Here is another class of matroids for which Conjecture 1 holds.  Let $\mathcal F$ be a laminar family and $c: \mathcal F \to \mathbb{N}$.  If we let $\mathcal I$ be the set of all $I$ such that $|I \cap F| \leq c(F)$ for all $F \in \mathcal F$, then $\mathcal I$ is the set of independent sets of a matroid.  Matroids arising in this way are called laminar matroids.  Note that the class of laminar matroids contains the partition matroids.  Im and Wang [10] showed that there is a constant-competitive matroid secretary algorithm for the class of laminar matroids.

Finally, Dinitz and Kortsarz gave a $O(1)$-competitive algorithm for the matroid secretary problem on regular matroids.  Their proof uses Seymour’s decomposition theorem for regular matroids [11].  Note that graphic matroids, cographic matroids, and $R_{10}$ all have $O(1)$-competitive matroid secretary algorithms.

Using the structure theorem for $\mathbb F$-representable matroids proved by Geelen, Gerards and Whittle [12], it may be possible to prove the following special case of Conjecture 1.

Conjecture 3.  For every finite field $\mathbb F$, there is a $O(1)$-competitive algorithm for the matroid secretary problem on the class of $\mathbb F$-representable matroids.

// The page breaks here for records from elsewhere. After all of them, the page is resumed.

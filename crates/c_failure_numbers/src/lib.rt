// A reply to a Forward Open or a Forward Close that failed, as the numbers that the functions for C fill.
#![tactic(auto)]

ghost use Rattle.std.specs.Prelude.{◌≡◌};
ghost use Rattle.c_failure_numbers.specs.Failures.{failure_numbers};

use c_reply_numbers::reply_numbers;
use connection::ForwardRequestFail;
use reply_header::MessageReply;

// The header's six, 0, what names the connection, whether the size of the path that was left is told, and that size or 0.
pub fn failure_numbers(m: MessageReply, f: ForwardRequestFail) -> [usize; 12]
    ensures { result ≡ failure_numbers m f }
{
    let size = f.remaining_path_size;
    let mut numbers = [0; 12];
    numbers[..6].copy_from_slice(&reply_numbers(m));
    numbers[6..].copy_from_slice(&[
        0,
        f.connection_serial_number as usize,
        f.originator_vendor_id as usize,
        f.originator_serial_number as usize,
        size.map_or(0, |_| 1),
        size.map_or(0, |words| words as usize),
    ]);
    numbers
}
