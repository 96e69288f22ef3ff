// Forward Open, small and large, read: 22 bytes, each direction's packet interval and parameters, class and trigger, path size, path. rseip-cip has
// no such reader: it is added.
// The reader answers the record, and start and length of its path in the input; the path is judged and its segments are read from that part.
#![tactic(auto)]

ghost use Rattle.std.specs.Prelude.{◌≡◌, ◌≤◌, drop};
ghost use Rattle.wire.specs.Answers.{paper};
ghost use Rattle.wire.specs.Numbers.{value_of};
ghost use Rattle.connection_words.specs.Fields.{transport, paper_transport};
ghost use Rattle.connection_words.specs.Requests.{parameter_width};
ghost use Rattle.request_first.specs.Firsts.{verdict};
ghost use Rattle.open_read.specs.Reads.{open_rules, parameters_at, transport_at, options_at, paper_open, open_end, open_behind, read_open};

use connection::{ConnectionParameters, OpenOptions};
use connection_words::{TransportRead, decode_parameters, parameter_width};
use message_read::route_at;
use request_first::first_byte;
use transport_words::transport_of;
use wire::Refusal;
use wire_read::{byte_at, u16_at, u32_at};

// The record, and start and length of its path.
#[derive(Clone, Copy)]
pub struct OpenRead {
    pub options: OpenOptions,
    pub path_start: usize,
    pub path_len: usize,
}

// The parameter word at a place.
fn word_at(large: bool, s: &[u8], at: usize) -> u32
    ensures { result ≡ value_of (parameter_width large) (drop at s.now) }
{
    if large {
        u32_at(s, at)
    } else {
        u32::from(u16_at(s, at))
    }
}

// The connection parameters at a place.
#[tactic(auto, using(crate::proofs::ReadLaws::field_laws))]
fn parameters_at(large: bool, s: &[u8], at: usize) -> Result<ConnectionParameters, Refusal>
    requires { at ≤ 1000 }
    ensures { paper result ≡ parameters_at large s.now at }
{
    if s.len() < at + parameter_width(large) {
        return Err(Refusal::Short);
    }
    let word = word_at(large, s, at);
    decode_parameters(large, word)
}

// Class and trigger at a place.
#[tactic(auto, using(crate::proofs::ReadLaws::field_laws))]
fn transport_at(s: &[u8], at: usize) -> Result<TransportRead, Refusal>
    requires { at ≤ 1000 }
    ensures { paper_transport result ≡ transport_at s.now at }
{
    if s.len() < at + 1 {
        return Err(Refusal::Short);
    }
    transport_of(byte_at(s, at))
}

// The first 22 bytes, which end with three reserved ones.
#[tactic(auto, using(crate::proofs::ReadLaws::field_laws))]
fn judge_head(s: &[u8]) -> Result<(), Refusal>
    ensures { paper result ≡ verdict (open_rules s.now) }
{
    if s.len() < 22 {
        return Err(Refusal::Short);
    }
    let low = u16_at(s, 19);
    let high = byte_at(s, 21);
    if low as u32 + 65536 * (high as u32) != 0 {
        return Err(Refusal::Form);
    }
    Ok(())
}

// The record, when what has rules was read.
fn options_at(
    large: bool,
    s: &[u8],
    a: ConnectionParameters,
    b: ConnectionParameters,
    t: TransportRead,
) -> OpenOptions
    ensures { result ≡ options_at large s.now a b (transport t.direction t.trigger t.class) }
{
    let width = parameter_width(large);
    OpenOptions {
        o_t_connection_id: u32_at(s, 2),
        t_o_connection_id: u32_at(s, 6),
        priority_tick_time: byte_at(s, 0),
        timeout_ticks: byte_at(s, 1),
        connection_serial_number: u16_at(s, 10),
        vendor_id: u16_at(s, 12),
        originator_serial_number: u32_at(s, 14),
        o_t_rpi: u32_at(s, 22),
        t_o_rpi: u32_at(s, 26 + width),
        timeout_multiplier: byte_at(s, 18),
        o_t_params: a,
        t_o_params: b,
        transport_direction: t.direction,
        transport_class: t.class,
        transport_trigger: t.trigger,
        large_open: large,
    }
}

// Class and trigger, and the path, behind both directions' parameters.
#[tactic(auto, unfolding(crate::specs::Reads::open_end))]
fn open_end(
    large: bool,
    s: &[u8],
    a: ConnectionParameters,
    b: ConnectionParameters,
) -> Result<OpenRead, Refusal>
    ensures { paper_open result ≡ open_end large s.now a b }
{
    let at = 30 + 2 * parameter_width(large);
    let t = transport_at(s, at)?;
    let path_len = route_at(s, at + 1)?;
    Ok(OpenRead {
        options: options_at(large, s, a, b, t),
        path_start: at + 2,
        path_len,
    })
}

// What follows the first 22 bytes.
#[tactic(auto, unfolding(crate::specs::Reads::open_behind))]
fn open_behind(large: bool, s: &[u8]) -> Result<OpenRead, Refusal>
    ensures { paper_open result ≡ open_behind large s.now }
{
    let a = parameters_at(large, s, 26)?;
    let width = parameter_width(large);
    let b = parameters_at(large, s, 26 + width + 4)?;
    open_end(large, s, a, b)
}

// Reads a Forward Open of the form that the caller names.
#[tactic(auto, using(crate::proofs::ReadLaws::open_laws))]
pub fn read_forward_open(large: bool, s: &[u8]) -> Result<OpenRead, Refusal>
    ensures { paper_open result ≡ read_open large s.now }
{
    first_byte(s)?;
    judge_head(s)?;
    open_behind(large, s)
}
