//! How far the text of a component goes before an octet that it may not have (RFC 3986 section 3).
ghost use Rattle.std.specs.Prelude.{◌≡◌, ◌≤◌, ◌+◌, ◌∷◌, length};
ghost use Rattle.std.specs.List.{prefix_len, list_all};
ghost use Rattle.std.specs.Char.{is_ascii_digit};
ghost use Rattle.link_model.specs.Characters as characters;
ghost use Rattle.reference_model.specs.References as references;
ghost use Rattle.reference_model.specs.ReferenceFaults as faults;
ghost use Rattle.ref_resolve.specs.Classes.{stands_in, next_digits};

use crate::cuts::{after_first, around, split_from};

/// How far a text goes as the beginning of a component, and whether all of it is one.
#[derive(Clone, Copy)]
pub(crate) struct Reach {
    /// The number of octets at its beginning with which some component begins.
    pub at: usize,
    /// Whether the text is such a component.
    pub whole: bool,
}

/// The characters that a text may have, apart from percent escapes.
#[derive(Clone, Copy)]
pub(crate) enum Class {
    /// Those of a registered name (RFC 3986 section 3.2.2).
    Name,
    /// Those of user information (RFC 3986 section 3.2.1).
    User,
    /// Those of a path (RFC 3986 section 3.3).
    Path,
    /// Those of a query or a fragment (RFC 3986 sections 3.4 and 3.5).
    Query,
}

/// Returns whether an octet is unreserved or a delimiter within components (RFC 3986 section 2).
fn is_name_character(octet: u8) -> bool
    ensures { result ≡ characters.is_name_character octet }
{
    octet.is_ascii_alphanumeric()
        || matches!(
            octet,
            b'-' | b'.'
                | b'_'
                | b'~'
                | b'!'
                | b'$'
                | b'&'
                | b'\''
                | b'('
                | b')'
                | b'*'
                | b'+'
                | b','
                | b';'
                | b'='
        )
}

/// Returns whether an octet is a character of a path, apart from percent escapes (RFC 3986 section
/// 3.3). Lower-case letters come first, since most are.
fn is_path_character(octet: u8) -> bool
    ensures { result ≡ characters.is_path_character octet }
{
    octet.is_ascii_lowercase()
        || matches!(octet, b'&'..=b';' | b'@'..=b'Z')
        || matches!(octet, b'=' | b'_' | b'~' | b'!' | b'$')
}

/// Returns whether an octet is a character of a scheme after its first letter (RFC 3986 section
/// 3.1).
fn is_scheme_character(octet: u8) -> bool
    ensures { result ≡ characters.is_scheme_character octet }
{
    octet.is_ascii_alphanumeric() || matches!(octet, b'+' | b'-' | b'.')
}

/// Returns whether an octet is a character between the brackets of an IP literal.
fn is_literal_character(octet: u8) -> bool
    ensures { result ≡ characters.is_literal_character octet }
{
    octet.is_ascii_hexdigit() || octet == b':' || octet == b'.'
}

impl Class {
    /// Returns whether the octet is such a character.
    fn has(self, octet: u8) -> bool
        ensures { result ≡ stands_in self octet }
    {
        match self {
            Class::Name => is_name_character(octet),
            Class::User => is_name_character(octet) || octet == b':',
            Class::Path => is_path_character(octet),
            Class::Query => is_path_character(octet) || octet == b'?',
        }
    }

    /// Returns how many hexadecimal digits must follow, if the octet is allowed where `digits` of
    /// them must.
    fn next_digits(self, digits: u8, octet: u8) -> Option<u8>
        ensures { result ≡ next_digits (stands_in self) digits octet }
    {
        if digits == 0 {
            if octet == b'%' {
                return Some(2);
            }
            return if self.has(octet) { Some(0) } else { None };
        }
        if octet.is_ascii_hexdigit() {
            Some(digits - 1)
        } else {
            None
        }
    }
}

/// Returns whether each octet is a character of a path, without percent escapes.
pub(crate) fn are_path_characters(text: &[u8]) -> bool
    ensures { result ≡ list_all characters.is_path_character text.now }
{
    text.iter().all(|c| is_path_character(*c))
}

/// Returns how far a text has only such characters and percent escapes.
pub(crate) fn text_reach(class: Class, text: &str) -> Reach
    ensures whole { result.whole ≡ references.is_text_of (stands_in class) text.now }
    ensures at { result.at ≡ faults.text_prefix (stands_in class) text.now }
    ensures bound { result.at ≤ length text.now }
{
    let mut digits = 0;
    let mut at = 0;
    let mut rest = text.as_bytes();
    'octets: while let Some((octet, more)) = rest.split_first() {
        match class.next_digits(digits, *octet) {
            None => return Reach { at, whole: false },
            Some(missing) => digits = missing,
        }
        at += 1;
        rest = more;
    }
    Reach {
        at,
        whole: digits == 0,
    }
}

/// Returns how many decimal digits are at the beginning.
fn digits_at(text: &str) -> usize
    ensures value { result ≡ prefix_len is_ascii_digit text.now }
    ensures bound { result ≤ length text.now }
{
    text.as_bytes()
        .iter()
        .take_while(|c| c.is_ascii_digit())
        .count()
}

/// Returns how many characters of an IP literal are at the beginning.
fn literal_at(text: &str) -> usize
    ensures value { result ≡ prefix_len characters.is_literal_character text.now }
    ensures bound { result ≤ length text.now }
{
    text.as_bytes()
        .iter()
        .take_while(|c| is_literal_character(**c))
        .count()
}

/// Returns whether a text is the inside of an IP literal.
#[tactic(auto, using(crate::proofs::ReachLaws::run_of))]
fn is_literal(text: &str) -> bool
    ensures { result ≡ characters.is_run_of characters.is_literal_character text.now }
{
    !text.is_empty() && literal_at(text) == text.len()
}

/// Returns the reach of a port with its colon, or of nothing (RFC 3986 section 3.2.3).
#[rattlefmt::skip]
#[tactic(
    auto,
    using(crate::proofs::ReachLaws::port_after_colon, crate::proofs::ReachLaws::no_port)
)]
fn port_reach(text: &str) -> Reach
    ensures whole { result.whole ≡ references.is_port_text text.now }
    ensures at { result.at ≡ faults.port_prefix text.now }
    ensures bound { result.at ≤ length text.now }
{
    match after_first(text, ':') {
        Some(digits) => {
            let count = digits_at(digits);
            Reach {
                at: 1 + count,
                whole: count == digits.len(),
            }
        }
        None => Reach {
            at: 0,
            whole: text.is_empty(),
        },
    }
}

/// Returns the reach of an IP literal after its opening bracket, and of a port or none (RFC 3986
/// section 3.2.2).
#[tactic(auto, using(crate::proofs::ReachLaws::octet_after))]
fn literal_reach(text: &str) -> Reach
    ensures whole { result.whole
        ≡ references.is_literal_and_port (characters.left_bracket ∷ text.now) }
    ensures at { result.at + 1 ≡ faults.literal_prefix (characters.left_bracket ∷ text.now) }
    ensures bound { result.at ≤ length text.now }
{
    let (inside, after) = around(text, ']');
    match after {
        Some(port) => {
            if !is_literal(inside) {
                return Reach {
                    at: literal_at(inside),
                    whole: false,
                };
            }
            let port = port_reach(port);
            Reach {
                at: inside.len() + 1 + port.at,
                whole: port.whole,
            }
        }
        None => Reach {
            at: literal_at(inside),
            whole: false,
        },
    }
}

/// Returns the reach of a registered name, and of a port or none (RFC 3986 section 3.2.2).
fn name_reach(text: &str) -> Reach
    ensures whole { result.whole ≡ references.is_name_and_port text.now }
    ensures at { result.at ≡ faults.name_prefix text.now }
    ensures bound { result.at ≤ length text.now }
{
    let (name, port) = split_from(text, ':');
    let reach = text_reach(Class::Name, name);
    if !reach.whole {
        return reach;
    }
    let port = port_reach(port);
    Reach {
        at: name.len() + port.at,
        whole: port.whole,
    }
}

/// Returns the reach of a host, and of a port or none.
#[rattlefmt::skip]
#[tactic(
    auto,
    using(crate::proofs::ReachLaws::host_in_brackets, crate::proofs::ReachLaws::host_of_name)
)]
fn host_reach(text: &str) -> Reach
    ensures whole { result.whole ≡ references.is_host_and_port text.now }
    ensures at { result.at ≡ faults.host_prefix text.now }
    ensures bound { result.at ≤ length text.now }
{
    match after_first(text, '[') {
        Some(rest) => {
            let reach = literal_reach(rest);
            Reach {
                at: 1 + reach.at,
                whole: reach.whole,
            }
        }
        None => name_reach(text),
    }
}

/// Returns the reach of an authority: user information or none, a host, and a port or none (RFC
/// 3986 section 3.2).
#[rattlefmt::skip]
#[tactic(
    auto,
    using(
        crate::proofs::ReachLaws::octet_after,
        reference_model::proofs::ReferenceCuts::before_alone,
        crate::proofs::ReachLaws::no_at_sign
    ),
    unfolding(reference_model::specs::ReferenceFaults::authority_prefix)
)]
pub(crate) fn authority_reach(text: &str) -> Reach
    ensures whole { result.whole ≡ references.is_authority text.now }
    ensures at { result.at ≡ faults.authority_prefix text.now }
    ensures bound { result.at ≤ length text.now }
{
    let (front, after) = around(text, '@');
    let user = text_reach(Class::User, front);
    match after {
        Some(rest) => {
            let host = host_reach(rest);
            if user.whole {
                return Reach {
                    at: front.len() + 1 + host.at,
                    whole: host.whole,
                };
            }
            let begun = host_reach(front);
            Reach {
                at: user.at.max(begun.at),
                whole: false,
            }
        }
        None => {
            let host = host_reach(front);
            Reach {
                at: user.at.max(host.at),
                whole: host.whole,
            }
        }
    }
}

/// Returns whether each octet is a character of a scheme after its first letter.
fn are_scheme_characters(text: &[u8]) -> bool
    ensures { result ≡ list_all characters.is_scheme_character text.now }
{
    text.iter().all(|c| is_scheme_character(*c))
}

/// Returns whether a text is a scheme (RFC 3986 section 3.1).
#[tactic(auto, using(crate::proofs::ReachLaws::scheme_cons))]
pub(crate) fn is_scheme(text: &str) -> bool
    ensures { result ≡ references.is_scheme text.now }
{
    match text.as_bytes().split_first() {
        Some((first, rest)) => { first.is_ascii_alphabetic() && are_scheme_characters(rest) }
        None => false,
    }
}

I suspect this might be tricky since one basic class of $\mathbb F$-representable matroids are those representable over a subfield $\mathbb F’$ of $\mathbb F$, and I don’t see how to get a $O(1)$-competitive matroid secretary algorithm for  $\mathbb F’$-representable matroids unless we are doing some cunning induction.

On the other hand, the structure theorem for binary matroids is slightly simpler (due to the absence of subfields), so the following special case of Conjecture 3 may be doable.

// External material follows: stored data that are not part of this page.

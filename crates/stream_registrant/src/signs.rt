//! The signals that a client heeds (RFC 8323 section 5).
ghost use Rattle.std.specs.Prelude.{◌≡◌};
ghost use Rattle.stream_registrant.specs.Answers as spec;

use stream_model::signals::{ABORT, PING, RELEASE};

/// What the code of a message says to a client (RFC 8323 section 5).
#[derive(Clone, Copy, Debug, PartialEq, Eq)]
pub(crate) enum Sign {
    /// The message is a Ping.
    Ping,
    /// The message is a Release.
    Release,
    /// The message is an Abort.
    Abort,
    /// The message is any other.
    Other,
}

/// Returns what a code says.
pub(crate) fn sign_of(code: u8) -> Sign
    ensures { result ≡ spec.sign_of code }
{
    if code == PING {
        return Sign::Ping;
    }
    if code == RELEASE {
        return Sign::Release;
    }
    if code == ABORT {
        return Sign::Abort;
    }
    Sign::Other
}
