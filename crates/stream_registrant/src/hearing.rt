//! What is done for a message of the directory.
ghost use Rattle.std.specs.Prelude.{◌≡◌, ◌<◌, length};
ghost use Rattle.stream_reader.specs.Shown.{frame_shown};
ghost use Rattle.stream_registrant.specs.Answers.{request_in};
ghost use Rattle.stream_registrant.specs.Hearing.{IsAnswered, IsHeard, IsPonged};
ghost use Rattle.stream_registrant.specs.Saying.{voice_seen};

use crate::flights::say_pong;
use crate::meanings::{Pending, answer_to};
use crate::signs::{Sign, sign_of};
use crate::{Answer, Unanswered};
use rd_base::{Sink, Starved};
use std::alloc::Global;
use stream_reader::Frame;

/// What became of a request by one step.
#[derive(Drop)]
pub(crate) enum Step {
    /// It waits for its answer.
    Waits,
    /// It ended.
    Over(Result<Answer, Unanswered>),
}

/// Returns what a message that is no signal means for the request.
fn hear_other(alloc: Global, pending: &Pending, frame: &Frame<'_>) -> Step
    ensures { IsAnswered (request_in pending.now) (frame_shown frame.now) result }
{
    match answer_to(alloc, pending, frame) {
        Ok(Some(answer)) => Step::Over(Ok(answer)),
        Ok(None) => Step::Waits,
        Err(Starved) => Step::Over(Err(Unanswered::Starved)),
    }
}

/// Answers a Ping (RFC 8323 section 5.4).
fn hear_ping<K: Sink>(out: &mut K, token: &[u8]) -> Step
    requires { length token.now < 16 }
    ensures { IsPonged token.now (voice_seen K.Sink.own out.old)
        (voice_seen K.Sink.own out.new) result }
{
    if say_pong(out, token) {
        return Step::Waits;
    }
    Step::Over(Err(Unanswered::Write))
}

/// Handles a message: answers a Ping, and returns what became of the request.
pub(crate) fn hear<K: Sink>(
    alloc: Global,
    pending: &Pending,
    out: &mut K,
    frame: &Frame<'_>,
) -> Step
    requires { length frame.now.token.now < 16 }
    ensures { IsHeard (request_in pending.now) (frame_shown frame.now)
        (voice_seen K.Sink.own out.old) (voice_seen K.Sink.own out.new) result }
{
    match sign_of(frame.code) {
        Sign::Ping => hear_ping(out, frame.token),
        Sign::Release => Step::Over(Err(Unanswered::Released)),
        Sign::Abort => Step::Over(Err(Unanswered::Aborted)),
        Sign::Other => hear_other(alloc, pending, frame),
    }
}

Conjecture 4. There is a $O(1)$-competitive algorithm for the matroid secretary problem on binary matroids.


[1] Moshe Babaioff, Nicole Immorlica, and Robert Kleinberg. Matroids, secretary problems, and online mechanisms. In Proc. SODA, pages 434–443, 2007.

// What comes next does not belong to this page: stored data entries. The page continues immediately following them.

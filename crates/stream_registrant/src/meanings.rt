//! What a message of the directory means for a request.
ghost use Rattle.std.specs.Prelude.{◌≡◌, ◌&&◌, Some, None, IfOk, OnOk, if◌then◌else◌};
ghost use Rattle.std.specs.Option.{option_map};
ghost use Rattle.message_model.specs.OptionTable as table;
ghost use Rattle.message_model.specs.OptionTable.{stands_in};
ghost use Rattle.message_model.specs.Request.{locations_in};
ghost use Rattle.coap_message.specs.Views.{message_in};
ghost use Rattle.client_model.specs.Requests as requests;
ghost use Rattle.client_model.specs.Verdicts as verdicts;
ghost use Rattle.stream_reader.specs.Shown.{frame_shown};
ghost use Rattle.stream_registrant.specs.Answers as spec;

use crate::Answer;
use client_model::{Ask, Location, Outcome, Purpose, TOKEN_SIZE};
use coap_message::{Kind4, Role, TokenRef, View, role_of};
use coap_options::{Meaning, locations, meaning};
use message_model::codes::{CHANGED, CREATED, DELETE, DELETED};
use message_model::options::CONTENT_FORMAT;
use rd_base::{Bytes, Peer, Starved, Text, Texts};
use std::alloc::Global;
use std::str;
use stream_reader::Frame;

/// A request that waits for its answer.
#[derive(Drop)]
pub(crate) struct Pending {
    to: Peer,
    purpose: Purpose,
    token: [u8; TOKEN_SIZE],
}

/// Returns whether an option is a Content-Format.
fn has_format(options: &[(u32, Bytes)]) -> bool
    ensures { result ≡ stands_in table.content_format options.now }
{
    options.iter().any(|option| option.0 == CONTENT_FORMAT)
}

/// Returns what a request is for. A DELETE removes; any other request registers if it has a
/// Content-Format, and otherwise refreshes.
fn purpose_of(ask: &Ask) -> Purpose
    ensures { result ≡ requests.purpose_of ask.now }
{
    if ask.code == DELETE {
        return Purpose::Remove;
    }
    if has_format(ask.options.as_slice()) {
        return Purpose::Register;
    }
    Purpose::Refresh
}

/// Returns the request of an ask with this token.
pub(crate) fn request_of(ask: &Ask, token: [u8; TOKEN_SIZE]) -> Pending
    ensures { spec.request_in result ≡ spec.request_over ask.now token }
{
    Pending {
        to: ask.to,
        purpose: purpose_of(ask),
        token,
    }
}

/// Returns the path of the location that an answer names (RFC 7252 section 5.10.7), or `None` if it
/// has no segment or a segment is not text.
fn path_of(alloc: Global, meaning: &Meaning<'_>) -> Result<Option<Texts>, Starved>
    ensures { let path = locations_in (message_in meaning.now.view) in
        IfOk result (λ found. found ≡ (if verdicts.is_path path then Some path else None)) }
{
    let mut path = Texts::new(alloc);
    'segments: for octets in locations(meaning) {
        let Ok(segment) = str::from_utf8(octets) else {
            return Ok(None);
        };
        let segment = Text::copy_of(alloc, segment)?;
        path.push(segment)?;
    }
    if path.is_empty() {
        return Ok(None);
    }
    Ok(Some(path))
}

/// Returns what an answer decides (RFC 9176 sections 5, 5.3.1 and 5.3.2).
fn outcome_of(alloc: Global, pending: &Pending, meaning: &Meaning<'_>) -> Result<Outcome, Starved>
    ensures { IfOk result (λ o. o
        ≡ verdicts.answered pending.now.purpose pending.now.to meaning.now.view.code
        (locations_in (message_in meaning.now.view))) }
{
    let code = meaning.view.code;
    match pending.purpose {
        Purpose::Register => {
            if code != CREATED {
                return Ok(Outcome::Refused(code));
            }
            let path = path_of(alloc, meaning)?;
            match path {
                Some(path) => Ok(Outcome::Located(Location {
                    to: pending.to,
                    path,
                })),
                None => Ok(Outcome::Refused(code)),
            }
        }
        Purpose::Refresh => {
            if code != CHANGED {
                return Ok(Outcome::Refused(code));
            }
            Ok(Outcome::Done)
        }
        Purpose::Remove => {
            if code != DELETED {
                return Ok(Outcome::Refused(code));
            }
            Ok(Outcome::Done)
        }
    }
}

/// Returns a copy of a value, if there is one.
fn copied(alloc: Global, value: Option<&[u8]>) -> Result<Option<Bytes>, Starved>
    ensures { IfOk result (λ copy. copy ≡ option_map (λ v. v.now) value.entry) }
{
    match value {
        Some(octets) => {
            let copy = Bytes::copy_of(alloc, octets)?;
            Ok(Some(copy))
        }
        None => Ok(None),
    }
}

/// Returns the message of a frame that has this token, in the form of a datagram.
fn view_of<'a>(token: &'a [u8; TOKEN_SIZE], frame: &Frame<'a>) -> View<'a>
    requires { frame.now.token.now ≡ token.now }
    ensures { message_in result ≡ spec.as_message (frame_shown frame.now) }
{
    View {
        kind: Kind4::Non,
        code: frame.code,
        mid: 0,
        token: TokenRef { octets: token },
        options: frame.options,
        payload: frame.payload,
    }
}

/// Returns the answer that a response with the token gives.
fn answer_by(alloc: Global, pending: &Pending, meaning: &Meaning<'_>) -> Result<Answer, Starved>
    ensures { let m = message_in meaning.now.view in
        IfOk result (λ answer. answer
        ≡ spec.answer_with m (verdicts.answered pending.now.purpose pending.now.to m.code
        (locations_in m))) }
{
    let outcome = outcome_of(alloc, pending, meaning)?;
    let echo = copied(alloc, meaning.echo)?;
    Ok(Answer { outcome, echo })
}

/// Returns the answer that a message with the token gives, if it gives one.
fn answer_in_view(
    alloc: Global,
    pending: &Pending,
    view: &View<'_>,
) -> Result<Option<Answer>, Starved>
    requires token { view.now.token.octets.now ≡ pending.now.token }
    requires kind { view.now.kind ≡ Kind4.Non }
    ensures { IfOk result (λ found. found
        ≡ spec.answer_of (spec.request_in pending.now) (message_in view.now)) }
{
    if role_of(view) != Role::Response {
        return Ok(None);
    }
    let Ok(meaning) = meaning(view) else {
        return Ok(None);
    };
    let answer = answer_by(alloc, pending, &meaning)?;
    Ok(Some(answer))
}

/// Returns the answer that a message gives to the request, if it gives one (RFC 7252 sections 5.3.2
/// and 5.4.1).
pub(crate) fn answer_to(
    alloc: Global,
    pending: &Pending,
    frame: &Frame<'_>,
) -> Result<Option<Answer>, Starved>
    ensures { IfOk result (λ found. found
        ≡ spec.answer_in (spec.request_in pending.now) (frame_shown frame.now)) }
{
    if frame.token != pending.token.as_slice() {
        return Ok(None);
    }
    answer_in_view(alloc, pending, &view_of(&pending.token, frame))
}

[2] E. B. Dynkin. The optimum choice of the instant for stopping a Markov process. Soviet Math. Dokl, 4, 1963.

[3] Sourav Chakraborty and Oded Lachish. Improved competitive ratio for the matroid secretary problem. In Proc. SODA, pages 1702–1712, 2012.

[4] Lachish, Oded. O(log log rank)-competitive ratio for the matroid secretary problem. Foundations of Computer Science (FOCS), 2014 IEEE 55th Annual Symposium on. IEEE, 2014.

[5] Feldman, Moran, Ola Svensson, and Rico Zenklusen.  A simple O(log log (rank))-competitive algorithm for the matroid secretary problem.  Proceedings of the Twenty-Sixth Annual ACM-SIAM Symposium on Discrete Algorithms. SIAM, 2015.

[6] José A. Soto. Matroid secretary problem in the random assignment model. In Proc. SODA, pages 1275–1284, 2011.

[7] S. Fujishige. Theory of principal partitions revisited. In Research Trends in Combinatorial Optimization, pages 127–162, 2009.

[8] Dinitz, Michael. Recent advances on the matroid secretary problem. ACM SIGACT News 44 (2013), no. 2, 126–142.

[9] Nedialko B. Dimitrov and C. Greg Plaxton. Competitive weighted matching in transversal matroids. In Proc. ICALP, pages 397–408, 2008.

[10] Sungjin Im and Yajun Wang. Secretary problems: laminar matroid and interval scheduling. In Proc. SODA, pages 1265–1274, 2011.

[11] P. D. Seymour. Decomposition of regular matroids. J. Combin. Theory Ser. B, 28(3):305–359, 1980.

[12] J. Geelen, B. Gerards, G. Whittle. Structure in minor-closed-classes of matroids. Surveys in Combinatorics, London Mathematical Society Lecture Note Series 409, 327–362, 2013.